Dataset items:
============

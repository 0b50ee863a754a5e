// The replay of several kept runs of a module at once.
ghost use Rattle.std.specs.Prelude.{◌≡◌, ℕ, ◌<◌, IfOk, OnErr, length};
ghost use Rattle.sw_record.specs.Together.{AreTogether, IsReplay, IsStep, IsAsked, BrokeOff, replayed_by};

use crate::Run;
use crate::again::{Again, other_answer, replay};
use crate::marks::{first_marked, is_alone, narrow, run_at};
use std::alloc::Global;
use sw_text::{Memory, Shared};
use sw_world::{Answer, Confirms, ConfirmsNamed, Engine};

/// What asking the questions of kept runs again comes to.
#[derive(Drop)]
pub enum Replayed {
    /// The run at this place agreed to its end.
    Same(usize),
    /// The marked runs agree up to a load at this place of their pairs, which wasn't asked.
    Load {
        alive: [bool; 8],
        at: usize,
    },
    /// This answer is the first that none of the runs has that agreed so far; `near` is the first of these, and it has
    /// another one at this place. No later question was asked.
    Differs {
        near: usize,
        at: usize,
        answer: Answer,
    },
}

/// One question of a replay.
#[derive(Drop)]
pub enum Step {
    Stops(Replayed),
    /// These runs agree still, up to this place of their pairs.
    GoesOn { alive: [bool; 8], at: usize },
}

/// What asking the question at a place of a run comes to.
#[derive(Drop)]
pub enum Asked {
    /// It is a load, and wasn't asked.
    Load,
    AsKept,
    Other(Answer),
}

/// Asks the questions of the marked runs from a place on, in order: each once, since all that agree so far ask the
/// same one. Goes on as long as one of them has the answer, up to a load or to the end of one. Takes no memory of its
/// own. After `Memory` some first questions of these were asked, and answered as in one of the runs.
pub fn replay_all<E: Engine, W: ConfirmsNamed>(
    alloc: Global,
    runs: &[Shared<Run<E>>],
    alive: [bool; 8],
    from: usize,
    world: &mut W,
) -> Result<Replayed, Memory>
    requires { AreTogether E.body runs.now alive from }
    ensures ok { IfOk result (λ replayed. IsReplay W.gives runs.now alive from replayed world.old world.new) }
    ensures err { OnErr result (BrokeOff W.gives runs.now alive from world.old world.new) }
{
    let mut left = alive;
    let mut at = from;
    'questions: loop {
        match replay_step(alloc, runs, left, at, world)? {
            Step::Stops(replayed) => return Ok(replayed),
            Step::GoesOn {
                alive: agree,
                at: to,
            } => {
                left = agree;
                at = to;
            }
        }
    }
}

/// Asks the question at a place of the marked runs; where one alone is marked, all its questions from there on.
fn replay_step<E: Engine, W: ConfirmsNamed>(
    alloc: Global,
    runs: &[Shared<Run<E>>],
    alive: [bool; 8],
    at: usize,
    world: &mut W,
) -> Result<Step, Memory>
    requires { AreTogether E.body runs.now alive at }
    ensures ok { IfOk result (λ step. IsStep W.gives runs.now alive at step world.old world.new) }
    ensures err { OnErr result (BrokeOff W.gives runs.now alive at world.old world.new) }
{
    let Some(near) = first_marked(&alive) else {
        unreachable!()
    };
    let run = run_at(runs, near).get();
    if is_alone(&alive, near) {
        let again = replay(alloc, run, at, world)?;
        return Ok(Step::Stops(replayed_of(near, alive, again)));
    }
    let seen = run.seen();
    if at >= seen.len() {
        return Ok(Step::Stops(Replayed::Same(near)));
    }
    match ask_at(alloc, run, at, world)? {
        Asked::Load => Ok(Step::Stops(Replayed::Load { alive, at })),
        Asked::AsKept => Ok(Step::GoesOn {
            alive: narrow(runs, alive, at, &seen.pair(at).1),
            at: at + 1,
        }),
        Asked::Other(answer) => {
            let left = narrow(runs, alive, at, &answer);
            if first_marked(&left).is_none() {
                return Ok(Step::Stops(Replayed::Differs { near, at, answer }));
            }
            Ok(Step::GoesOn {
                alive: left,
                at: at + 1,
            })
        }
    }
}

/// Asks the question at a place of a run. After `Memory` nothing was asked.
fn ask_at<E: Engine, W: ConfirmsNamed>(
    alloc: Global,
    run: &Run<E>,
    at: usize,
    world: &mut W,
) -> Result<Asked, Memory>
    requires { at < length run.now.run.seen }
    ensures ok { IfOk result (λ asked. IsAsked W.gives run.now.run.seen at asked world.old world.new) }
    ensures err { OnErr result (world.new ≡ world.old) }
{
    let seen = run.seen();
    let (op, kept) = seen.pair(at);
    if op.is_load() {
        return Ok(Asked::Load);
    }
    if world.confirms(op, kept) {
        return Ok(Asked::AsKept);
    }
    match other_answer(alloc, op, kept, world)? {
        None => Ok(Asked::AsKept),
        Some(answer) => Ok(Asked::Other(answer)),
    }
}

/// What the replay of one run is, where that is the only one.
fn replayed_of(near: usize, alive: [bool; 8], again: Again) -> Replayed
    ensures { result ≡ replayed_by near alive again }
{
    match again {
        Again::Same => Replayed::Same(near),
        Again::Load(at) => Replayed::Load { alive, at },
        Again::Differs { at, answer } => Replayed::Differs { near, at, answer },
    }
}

============

■ **AIM OF THE EXERCISE**: Provide the count of lines in the data above containing "that", and nothing further.

■ **RESPONSE**: 3